The left and right versions are easily shown to be equivalent, given the commutativity of ⊓ and ⊔. It is a good exercise to show that not every lattice is distributive by providing an explicit description of a nondistributive lattice with finitely many elements. It is also a good exercise to show that in any lattice, either distributivity law implies the other:

variable {α : Type*} [Lattice α]
variable (a b c : α)

example (h : ∀ x y z : α, x ⊓ (y ⊔ z) = x ⊓ y ⊔ x ⊓ z) : a ⊔ b ⊓ c = (a ⊔ b) ⊓ (a ⊔ c) := by
  sorry

example (h : ∀ x y z : α, x ⊔ y ⊓ z = (x ⊔ y) ⊓ (x ⊔ z)) : a ⊓ (b ⊔ c) = a ⊓ b ⊔ a ⊓ c := by
  sorry

It is possible to combine axiomatic structures into larger ones. For example, a strict ordered ring consists of a commutative ring together with a partial order on the carrier satisfying additional axioms that say that the ring operations are compatible with the order:

variable {R : Type*} [StrictOrderedRing R]
variable (a b c : R)

#check (add_le_add_left : a ≤ b → ∀ c, c + a ≤ c + b)
#check (mul_pos : 0 < a → 0 < b → 0 < a * b)

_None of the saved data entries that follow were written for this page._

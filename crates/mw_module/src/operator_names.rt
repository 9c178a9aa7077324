// Names of operators.
ghost use Rattle.std.specs.Prelude.{◌≡◌, ◌<◌, ◌≤◌, ◌-◌, ◌^◌, min};
ghost use Rattle.std.specs.List.{list_any, list_all};
ghost use Rattle.mw_text.specs.Names.{items_of, count_holes};
ghost use Rattle.mw_module.specs.Words.{seen_lists};
ghost use Rattle.mw_module.specs.OperatorNames as spec;

use crate::words::is_no_piece;
use mw_lex::Token;
use mw_text::{NameItem, first_item, holes as holes_in};

// Whether the pieces of a token may stand in a name.
fn has_fine_pieces(text: &[u8]) -> bool
    ensures { result ≡ list_all spec.is_fine (items_of text.now) }
{
    let mut rest = text;
    while let Some((item, after)) = first_item(rest) {
        if let NameItem::Piece(piece) = item
            && is_no_piece(piece)
        {
            return false;
        }
        rest = after;
    }
    true
}

// Whether a token has a piece.
fn has_piece(text: &[u8]) -> bool
    ensures { result ≡ list_any spec.is_piece (items_of text.now) }
{
    let mut rest = text;
    while let Some((item, after)) = first_item(rest) {
        if let NameItem::Piece(_) = item {
            return true;
        }
        rest = after;
    }
    false
}

// How many holes a name has, or the greatest number where it has more.
fn holes_of(name: &[Token]) -> usize
    ensures { result ≡ min (count_holes (spec.items_in name.now)) (2 ^ 64 - 1) }
{
    let mut rest = name;
    let mut holes = 0usize;
    while let [token, after @ ..] = rest {
        holes = holes.saturating_add(holes_in(token.text.as_slice()));
        rest = after;
    }
    holes
}

// Whether the pieces of a name may stand in one.
fn is_fine(name: &[Token]) -> bool
    ensures { result ≡ list_all (λ t. list_all spec.is_fine (items_of t.text)) name.now }
{
    name.iter()
        .all(|token| has_fine_pieces(token.text.as_slice()))
}

// Whether a name has a piece.
fn has_some_piece(name: &[Token]) -> bool
    ensures { result ≡ list_any (λ t. list_any spec.is_piece (items_of t.text)) name.now }
{
    name.iter().any(|token| has_piece(token.text.as_slice()))
}

// Whether these tokens are a name.
#[tactic(auto, using(crate::proofs::ItemByItem::is_name_by_token))]
pub fn is_name(name: &[Token]) -> bool
    ensures { result ≡ spec.is_name (spec.items_in name.now) }
{
    is_fine(name) && (has_some_piece(name) || 2 <= holes_of(name))
}

/// Whether a text is a name without holes.
pub fn is_plain_name(text: &[u8]) -> bool
    ensures { result ≡ spec.is_plain_name text.now }
{
    has_fine_pieces(text) && has_piece(text) && holes_in(text) == 0
}

// Whether a name has no holes, or one for each argument.
fn fits(arity: usize, name: &[Token]) -> bool
    requires { arity < 2 ^ 64 - 1 }
    ensures { result ≡ spec.fits arity (spec.items_in name.now) }
{
    let holes = holes_of(name);
    holes == 0 || holes == arity
}

// Whether each of the names with holes has one for each argument.
pub fn all_fit(arity: usize, names: &[&[Token]]) -> bool
    requires { arity < 2 ^ 64 - 1 }
    ensures { result ≡ spec.all_fit arity (seen_lists names.now) }
{
    each_fits(arity, names)
}

fn each_fits(arity: usize, names: &[&[Token]]) -> bool
    requires { arity < 2 ^ 64 - 1 }
    ensures { result ≡ list_all (λ name. spec.fits arity (spec.items_in name.now)) names.now }
{
    names.iter().all(|name| fits(arity, name))
}
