// The kinds of units.
ghost use Rattle.std.specs.Prelude.{◌≡◌};
ghost use Rattle.mw_module.specs.Kinds as kinds;

use crate::faults::FaultKind;
use crate::words::same;

/// A kind of unit, by its first word.
#[derive(Clone, Copy)]
pub enum Kind {
    /// `fmod`
    Functional,
    /// `mod`
    System,
    /// `omod`
    Object,
    /// `fth`
    FunctionalTheory,
    /// `th`
    SystemTheory,
    /// `oth`
    ObjectTheory,
    /// `view`
    View,
    /// `smod`
    Strategy,
    /// `proof`, where proofs are asked for
    Proof,
    Command,
}

/// The kind of a unit with this first word.
pub fn kind_of(proofs: bool, word: &[u8]) -> Kind
    ensures { result ≡ kinds.kind_of proofs word.now }
{
    if same(word, b"fmod") {
        Kind::Functional
    } else if same(word, b"mod") {
        Kind::System
    } else if same(word, b"omod") {
        Kind::Object
    } else if same(word, b"fth") {
        Kind::FunctionalTheory
    } else if same(word, b"th") {
        Kind::SystemTheory
    } else if same(word, b"oth") {
        Kind::ObjectTheory
    } else if same(word, b"view") {
        Kind::View
    } else if same(word, b"smod") {
        Kind::Strategy
    } else if proofs && same(word, b"proof") {
        Kind::Proof
    } else {
        Kind::Command
    }
}

/// The token that ends units of this kind.
pub fn end_word(kind: Kind) -> &'static [u8]
    ensures { result.now ≡ kinds.end_word kind }
{
    match kind {
        Kind::Functional => b"endfm",
        Kind::System => b"endm",
        Kind::Object => b"endom",
        Kind::FunctionalTheory => b"endfth",
        Kind::SystemTheory => b"endth",
        Kind::ObjectTheory => b"endoth",
        Kind::View => b"endv",
        Kind::Strategy => b"endsm",
        Kind::Proof => b"endproof",
        Kind::Command => b".",
    }
}

/// What is wrong where the input ends in a unit of this kind.
pub fn unended(kind: Kind) -> FaultKind
    ensures { result ≡ kinds.unended kind }
{
    match kind {
        Kind::Functional | Kind::System | Kind::Object => FaultKind::UnendedModule,
        Kind::FunctionalTheory
        | Kind::SystemTheory
        | Kind::ObjectTheory
        | Kind::View
        | Kind::Strategy => FaultKind::NotInProfile,
        Kind::Proof => FaultKind::UnendedProof,
        Kind::Command => FaultKind::UnendedCommand,
    }
}
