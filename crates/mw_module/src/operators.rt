// Declarations of operators.
ghost use Rattle.std.specs.Prelude.{◌≡◌, ◌<◌, ◌-◌, ◌^◌, length, IfOk};
ghost use Rattle.mw_module.specs.Words.{seen_lists};
ghost use Rattle.mw_module.specs.Written.{OperatorsAreWritten};
ghost use Rattle.mw_module.specs.Forms as forms;

use crate::attribute::{Attributes, said};
use crate::forms::Form;
use crate::machine::{Part, lists_of, read};
use crate::operator_names::all_fit;
use crate::sortings::{WrittenSort, sorting_of, sortings_of};
use crate::table::{Place, Read, Role, Want, Wrong};
use crate::word::lists_of_words;
use crate::words::{count_before, is_word, tokens_from};
use mw_lex::Token;
use std::alloc::Global;

// A value's sort, and what is said of the operators.
#[derive(Drop)]
struct Value<'s> {
    sort: WrittenSort<'s>,
    attributes: Attributes<'s>,
}

// What stands behind the names.
#[derive(Drop)]
struct Profile<'s> {
    args: Vec<WrittenSort<'s>>,
    value: Value<'s>,
}

// What attributes say: a list with one attribute at least, if there is one.
fn said_behind<'s>(alloc: Global, tokens: &'s [Token], parts: &[Part]) -> Read<Attributes<'s>>
    ensures { IfOk result (λ r. forms.seen_said r ≡ forms.said_behind tokens.now parts.now) }
{
    match parts {
        [] => Ok(Ok(Attributes::none(alloc))),
        [_] => Ok(Err(Wrong::Bad)),
        [_, more @ ..] => Ok(Ok(said(alloc, tokens, more)?)),
    }
}

// A value's part, and attributes.
fn valued<'s>(alloc: Global, kinds: bool, tokens: &'s [Token], parts: &[Part]) -> Read<Value<'s>>
    ensures { IfOk result (λ r. forms.seen_valued r ≡ forms.valued kinds tokens.now parts.now) }
{
    let [value, behind @ ..] = parts else {
        return Ok(Err(Wrong::Bad));
    };
    let attributes = match said_behind(alloc, tokens, behind)? {
        Ok(attributes) => attributes,
        Err(wrong) => return Ok(Err(wrong)),
    };
    match sorting_of(kinds, tokens, *value) {
        Some(sort) => Ok(Ok(Value { sort, attributes })),
        None => Ok(Err(Wrong::Bad)),
    }
}

// Whether the sort that messages have stands in front, where it is asked for.
fn fits_message(message: bool, tokens: &[Token]) -> bool
    ensures { result ≡ forms.fits_message message tokens.now }
{
    match tokens {
        [sort, ..] => !message || is_word(sort, b"Msg"),
        [] => !message,
    }
}

// Argument sorts, an arrow and what comes behind: the sort of messages where it is asked for.
fn profile_form<'s>(
    alloc: Global,
    message: bool,
    names: &[&[Token]],
    tokens: &'s [Token],
) -> Read<Profile<'s>>
    ensures { IfOk result (λ r.
        forms.seen_profiled r ≡ forms.profile_form message (seen_lists names.now) tokens.now) }
{
    let total = count_before(tokens, b"->");
    let partial = count_before(tokens, b"~>");
    let arrow = total.min(partial);
    let kinds = partial < total;
    let front = &tokens[..arrow];
    let args = match read(alloc, Place::Args, Role::Silent, Want::Nothing, front)? {
        Ok(parts) => sortings_of(alloc, kinds, front, parts.as_slice())?,
        Err(wrong) => return Ok(Err(wrong)),
    };
    if arrow == tokens.len() || !all_fit(args.len(), names) {
        return Ok(Err(Wrong::Bad));
    }
    let behind = tokens_from(tokens, arrow + 1);
    if !fits_message(message, behind) {
        return Ok(Err(Wrong::Bad));
    }
    match value_form(alloc, kinds, args.len(), behind)? {
        Ok(value) => Ok(Ok(Profile { args, value })),
        Err(wrong) => Ok(Err(wrong)),
    }
}

// A value's sort and attributes, of operators with so many arguments.
fn value_form<'s>(alloc: Global, kinds: bool, arity: usize, tokens: &'s [Token]) -> Read<Value<'s>>
    ensures { IfOk result (λ r. forms.seen_valued r ≡ forms.value_form kinds arity tokens.now) }
{
    match read(
        alloc,
        Place::Value,
        Role::Silent,
        Want::Marks(arity),
        tokens,
    )? {
        Ok(parts) => valued(alloc, kinds, tokens, parts.as_slice()),
        Err(wrong) => Ok(Err(wrong)),
    }
}

// Names of operators: a single one, or several.
fn names_form<'s>(alloc: Global, single: bool, tokens: &'s [Token]) -> Read<Vec<&'s [Token]>>
    ensures { IfOk result (λ r. forms.seen_names r ≡ forms.names_form single tokens.now) }
{
    let place = if single { Place::Name } else { Place::Names };
    match read(alloc, place, Role::Words, Want::Names, tokens)? {
        Ok(parts) => Ok(Ok(lists_of(alloc, tokens, parts.as_slice())?)),
        Err(wrong) => Ok(Err(wrong)),
    }
}

// Which operators a word asks for: one, or several, and whether they are messages.
#[derive(Clone, Copy)]
pub struct Asked {
    pub single: bool,
    pub message: bool,
}

// Names of operators, a colon and what comes behind.
pub fn operators_form<'s>(alloc: Global, asked: Asked, tokens: &'s [Token]) -> Read<Form<'s>>
    ensures { IfOk result (λ r. forms.seen_shaped r ≡ forms.operators_form asked tokens.now) }
{
    let colon = count_before(tokens, b":");
    if colon == tokens.len() {
        return Ok(Err(Wrong::Bad));
    }
    match names_form(alloc, asked.single, &tokens[..colon])? {
        Ok(names) => declared(
            alloc,
            asked.message,
            names.as_slice(),
            tokens_from(tokens, colon + 1),
        ),
        Err(wrong) => Ok(Err(wrong)),
    }
}

// Operators with these names, of which there is one at least.
fn declared<'s>(
    alloc: Global,
    message: bool,
    names: &[&'s [Token]],
    tokens: &'s [Token],
) -> Read<Form<'s>>
    ensures { IfOk result (λ r. forms.seen_shaped r ≡ forms.declared message (seen_lists names.now) tokens.now) }
{
    if names.is_empty() {
        return Ok(Err(Wrong::Bad));
    }
    let words = lists_of_words(alloc, names)?;
    match profile_form(alloc, message, names, tokens)? {
        Ok(profile) => Ok(Ok(Form::Operators {
            names: words,
            args: profile.args,
            result: profile.value.sort,
            attributes: profile.value.attributes,
        })),
        Err(wrong) => Ok(Err(wrong)),
    }
}

/// The law that what is read as operators is written as names, a colon, sorts, an arrow, and the rest.
pub fn operators_are_written()
    ensures { OperatorsAreWritten }
{}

Chapter 3 will provide the means to derive the following from mul_pos and the definition of <:

#check (mul_nonneg : 0 ≤ a → 0 ≤ b → 0 ≤ a * b)

It is then an extended exercise to show that many common facts used to reason about arithmetic and the ordering on the real numbers hold generically for any ordered ring. Here are a couple of examples you can try, using only properties of rings, partial orders, and the facts enumerated in the last two examples:

example (h : a ≤ b) : 0 ≤ b - a := by
  sorry

example (h: 0 ≤ b - a) : a ≤ b := by
  sorry

example (h : a ≤ b) (h' : 0 ≤ c) : a * c ≤ b * c := by
  sorry

Finally, here is one last example. A metric space consists of a set equipped with a notion of distance, dist x y, mapping any pair of elements to a real number. The distance function is assumed to satisfy the following axioms:

variable {X : Type*} [MetricSpace X]
variable (x y z : X)

#check (dist_self x : dist x x = 0)
#check (dist_comm x y : dist x y = dist y x)
#check (dist_triangle x y z : dist x z ≤ dist x y + dist y z)

Having mastered this section, you can show that it follows from these axioms that distances are always nonnegative:

example (x y : X) : 0 ≤ dist x y := by
  sorry

We recommend making use of the theorem nonneg_of_mul_nonneg_left. As you may have guessed, this theorem is called dist_nonneg in Mathlib.